**Prompt**
Go through the entries below, count every line with the string "there", and answer with only that number.
++++ Extracted records ++++
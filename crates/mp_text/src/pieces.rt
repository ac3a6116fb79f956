ghost use Rattle.std.specs.Prelude.{◌≡◌, ◌++◌, ◌+◌, ◌-◌, ◌^◌, ◌<◌, ◌≤◌, [], IfOk, OnErr, OnOk, drop, length, slice_index, take};
ghost use Rattle.mp_text.specs.Changes.{spliced};
ghost use Rattle.std.specs.Arc.{arc_value};
ghost use Rattle.std.specs.List.{AllWithin};
ghost use Rattle.mp_text.specs.Pieces.{CountsFrom, EndsFrom, IsLineStart, all_bytes, line_ends};

use crate::ends::{line_ends, past_line_ends};
use crate::piece::Piece;
use mp_base::{Bytes, Memory, Reader, Steps};
use std::alloc::Global;
use std::marker::Model;
use std::sync::Arc;

// A fresh run of bytes is cut into pieces of so many.
const PIECE: usize = 2_048;

/// The bytes of a version, in pieces that it shares with others.
#[derive(Drop)]
pub struct Pieces {
    pieces: Vec<Piece>,
}

impl Model for Pieces {
    ghost use Rattle.std.specs.Prelude.{List, ℕ};
    ghost use Rattle.mp_text.specs.Pieces.{ArePieces, all_bytes};

    ghost Value = { List ℕ };

    ghost view = { λ p. all_bytes p.pieces.items };

    ghost invariant = { λ p. ArePieces p.pieces.items };
}

// The first piece that ends past a place.
fn first_past(pieces: &[Piece], place: u32) -> usize
    requires { EndsFrom 0 pieces.now }
    ensures within { result ≤ length pieces.now }
    ensures before { AllWithin (λ piece. piece.end ≤ place) pieces.now 0 result }
    ensures after { AllWithin (λ piece. place < piece.end) pieces.now result (length pieces.now) }
{
    let mut low = 0;
    let mut high = pieces.len();
    'halves: while low < high {
        let middle = low + (high - low) / 2;
        if place < pieces[middle].end {
            high = middle;
        } else {
            low = middle + 1;
        }
    }
    low
}

// The first piece up to whose end so many line ends stand.
fn first_counting(pieces: &[Piece], count: u32) -> usize
    requires { CountsFrom 0 pieces.now }
    ensures within { result ≤ length pieces.now }
    ensures before { AllWithin (λ piece. piece.lines < count) pieces.now 0 result }
    ensures after { AllWithin (λ piece. count ≤ piece.lines) pieces.now result (length pieces.now) }
{
    let mut low = 0;
    let mut high = pieces.len();
    'halves: while low < high {
        let middle = low + (high - low) / 2;
        if count <= pieces[middle].lines {
            high = middle;
        } else {
            low = middle + 1;
        }
    }
    low
}

// How many line ends stand in the first so many pieces.
fn lines_before(pieces: &[Piece], i: usize) -> u32
    requires lines { CountsFrom 0 pieces.now }
    requires within { i ≤ length pieces.now }
    ensures { result ≡ line_ends (all_bytes (take i pieces.now)) }
{
    if i == 0 {
        return 0;
    }
    pieces[i - 1].lines
}

impl Pieces {
    /// No bytes.
    pub fn new(alloc: Global) -> Pieces
        ensures { result ≡ [] }
    {
        Pieces {
            pieces: Vec::new(alloc),
        }
    }

    // No bytes, with room for so many pieces.
    fn with_capacity(alloc: Global, count: usize) -> Result<Pieces, Memory>
        ensures { IfOk result (λ made. made ≡ []) }
    {
        Ok(Pieces {
            pieces: Vec::with_capacity(alloc, count)?,
        })
    }

    /// The same bytes, which are shared.
    pub fn copy(&self, alloc: Global) -> Result<Pieces, Memory>
        requires { length self.now < 2 ^ 32 }
        ensures { IfOk result (λ made. made ≡ self.now) }
    {
        let pieces = self.pieces.as_slice();
        let mut made = Pieces::with_capacity(alloc, pieces.len())?;
        made.share(pieces, 0)?;
        Ok(made)
    }

    /// How many line ends there are.
    pub fn line_ends(&self) -> u32
        ensures { result ≡ line_ends self.now }
    {
        let pieces = self.pieces.as_slice();
        lines_before(pieces, pieces.len())
    }

    /// How many line ends there are before a place.
    pub fn line_ends_to(&self, at: u32) -> u32
        requires { at ≤ length self.now }
        ensures { result ≡ line_ends (take at self.now) }
    {
        let pieces = self.pieces.as_slice();
        let i = first_past(pieces, at);
        if i == pieces.len() {
            return self.line_ends();
        }
        let piece = &pieces[i];
        let bytes = piece.bytes.as_slice();
        let before = lines_before(pieces, i);
        before + line_ends(&bytes[..at as usize + bytes.len() - piece.end as usize])
    }

    /// The place just past the first so many line ends.
    pub fn line_start(&self, count: u32) -> u32
        requires { count ≤ line_ends self.now }
        ensures { IsLineStart count result self.now }
    {
        if count == 0 {
            return 0;
        }
        let pieces = self.pieces.as_slice();
        let i = first_counting(pieces, count);
        let piece = &pieces[i];
        let bytes = piece.bytes.as_slice();
        let left = count - lines_before(pieces, i);
        (piece.end as usize + past_line_ends(bytes, left) - bytes.len()) as u32
    }

    /// The bytes in one.
    pub fn bytes(&self, alloc: Global) -> Result<Bytes, Memory>
        ensures { IfOk result (λ bytes. bytes ≡ self.now) }
    {
        let mut out = Vec::new(alloc);
        let pieces = self.pieces.as_slice();
        'pieces: for piece in pieces {
            out.extend_from_slice(piece.bytes.as_slice())?;
        }
        Ok(Bytes::from_vec(out))
    }

    /// The byte at a place.
    pub fn byte(&self, at: u32) -> u8
        requires { at < length self.now }
        ensures { result ≡ slice_index self.now at }
    {
        let pieces = self.pieces.as_slice();
        let piece = &pieces[first_past(pieces, at)];
        let bytes = piece.bytes.as_slice();
        bytes[at as usize + bytes.len() - piece.end as usize]
    }

    /// How many bytes there are.
    pub fn len(&self) -> u32
        ensures { result ≡ length self.now }
    {
        let pieces = self.pieces.as_slice();
        if pieces.is_empty() {
            return 0;
        }
        pieces[pieces.len() - 1].end
    }

    // Adds bytes, which are shared; `lines` is the number of their line ends.
    fn add(&mut self, bytes: Arc<Vec<u8>>, lines: u32) -> Result<(), Memory>
        requires room { length self.old + length (arc_value bytes).items < 2 ^ 32 }
        requires lines { lines ≡ line_ends (arc_value bytes).items }
        ensures ok { OnOk result (self.new ≡ self.old ++ (arc_value bytes).items) }
        ensures err { OnErr result (self.new ≡ self.old) }
    {
        let end = self.len() + bytes.as_slice().len() as u32;
        let lines = self.line_ends() + lines;
        self.pieces.push(Piece { bytes, end, lines })?;
        Ok(())
    }

    // Adds pieces of another version, which are shared; so many line ends stand before them there.
    fn share(&mut self, pieces: &[Piece], before: u32) -> Result<(), Memory>
        requires room { length self.old + length (all_bytes pieces.now) < 2 ^ 32 }
        requires lines { CountsFrom before pieces.now }
        ensures { OnOk result (self.new ≡ self.old ++ all_bytes pieces.now) }
    {
        let mut lines = before;
        'pieces: for piece in pieces {
            self.add(Arc::try_clone(&piece.bytes)?, piece.lines - lines)?;
            lines = piece.lines;
        }
        Ok(())
    }

    // Shares the pieces that end before a place, and gives the run the bytes up to it of the next one. So lines that are
    // added at the end, one by one, go on the last piece.
    fn add_front(&mut self, run: &mut Vec<u8>, pieces: &[Piece], place: u32) -> Result<(), Memory>
        requires ends { EndsFrom 0 pieces.now }
        requires lines { CountsFrom 0 pieces.now }
        requires within { place ≤ length (all_bytes pieces.now) }
        requires room { length self.old + length (all_bytes pieces.now) < 2 ^ 32 }
        requires none { run.old.items ≡ [] }
        ensures { OnOk result (self.new ++ run.new.items ≡ self.old ++ take place (all_bytes pieces.now)) }
    {
        let first = first_past(pieces, place.saturating_sub(1));
        self.share(&pieces[..first], 0)?;
        if first == pieces.len() {
            return Ok(());
        }
        let piece = &pieces[first];
        let bytes = piece.bytes.as_slice();
        run.extend_from_slice(&bytes[..place as usize + bytes.len() - piece.end as usize])?;
        Ok(())
    }

    // Adds a run of bytes, cut into pieces of PIECE bytes, of which the last has fewer than twice as many.
    fn add_run(&mut self, alloc: Global, run: &[u8]) -> Result<(), Memory>
        requires { length self.old + length run.now < 2 ^ 32 }
        ensures { OnOk result (self.new ≡ self.old ++ run.now) }
    {
        let mut at = 0;
        'cuts: while run.len() - at >= 2 * PIECE {
            let bytes = &run[at..at + PIECE];
            let lines = line_ends(bytes);
            self.add(Arc::new(alloc, Vec::from_slice(alloc, bytes)?)?, lines)?;
            at += PIECE;
        }
        let bytes = &run[at..];
        let lines = line_ends(bytes);
        self.add(Arc::new(alloc, Vec::from_slice(alloc, bytes)?)?, lines)?;
        Ok(())
    }

    // Adds the run, and the bytes from a place on, with the pieces behind it shared.
    fn add_back(
        &mut self,
        alloc: Global,
        mut run: Vec<u8>,
        pieces: &[Piece],
        place: u32,
    ) -> Result<(), Memory>
        requires ends { EndsFrom 0 pieces.now }
        requires lines { CountsFrom 0 pieces.now }
        requires within { place ≤ length (all_bytes pieces.now) }
        requires room { length self.old + length run.items + length (all_bytes pieces.now) < 2 ^ 32 }
        ensures { OnOk result (self.new ≡ self.old ++ (run.items ++ drop place (all_bytes pieces.now))) }
    {
        let last = first_past(pieces, place);
        if last == pieces.len() {
            self.add_run(alloc, run.as_slice())?;
            return Ok(());
        }
        let piece = &pieces[last];
        let bytes = piece.bytes.as_slice();
        run.extend_from_slice(&bytes[place as usize + bytes.len() - piece.end as usize..])?;
        self.add_run(alloc, run.as_slice())?;
        self.share(&pieces[last + 1..], lines_before(pieces, last + 1))?;
        Ok(())
    }

    /// The bytes with others in place of so many from a place on. What is not cut is shared.
    pub fn spliced(
        &self,
        alloc: Global,
        start: u32,
        removed: u32,
        new: &[u8],
    ) -> Result<Pieces, Memory>
        requires within { start + removed ≤ length self.now }
        requires room { length self.now + length self.now + length new.now < 2 ^ 32 }
        ensures { IfOk result (λ made. made ≡ spliced start removed new.now self.now) }
    {
        let pieces = self.pieces.as_slice();
        let count = pieces
            .len()
            .saturating_add(new.len() / PIECE)
            .saturating_add(2);
        let mut made = Pieces::with_capacity(alloc, count)?;
        let mut run = Vec::new(alloc);
        made.add_front(&mut run, pieces, start)?;
        run.extend_from_slice(new)?;
        made.add_back(alloc, run, pieces, start + removed)?;
        Ok(made)
    }
}

/// A version's bytes, read one by one; each that is read is a step of the counter that is given.
#[derive(Drop)]
pub struct VersionReader<'t> {
    pub(crate) pieces: &'t Pieces,
}

impl<'t> Model for VersionReader<'t> {
    ghost use Rattle.std.specs.Prelude.{List, ℕ};

    ghost Value = { List ℕ };

    ghost view = { λ reader. reader.pieces.now };
}

impl<'t, L> Reader<L> for VersionReader<'t> {
    ghost bytes = { λ reader. reader };

    fn len(&self) -> u32 {
        self.pieces.len()
    }

    fn byte(&self, at: u32, steps: &mut Steps<L>) -> u8 {
        steps.tick();
        self.pieces.byte(at)
    }
}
++++
**Your solution**
4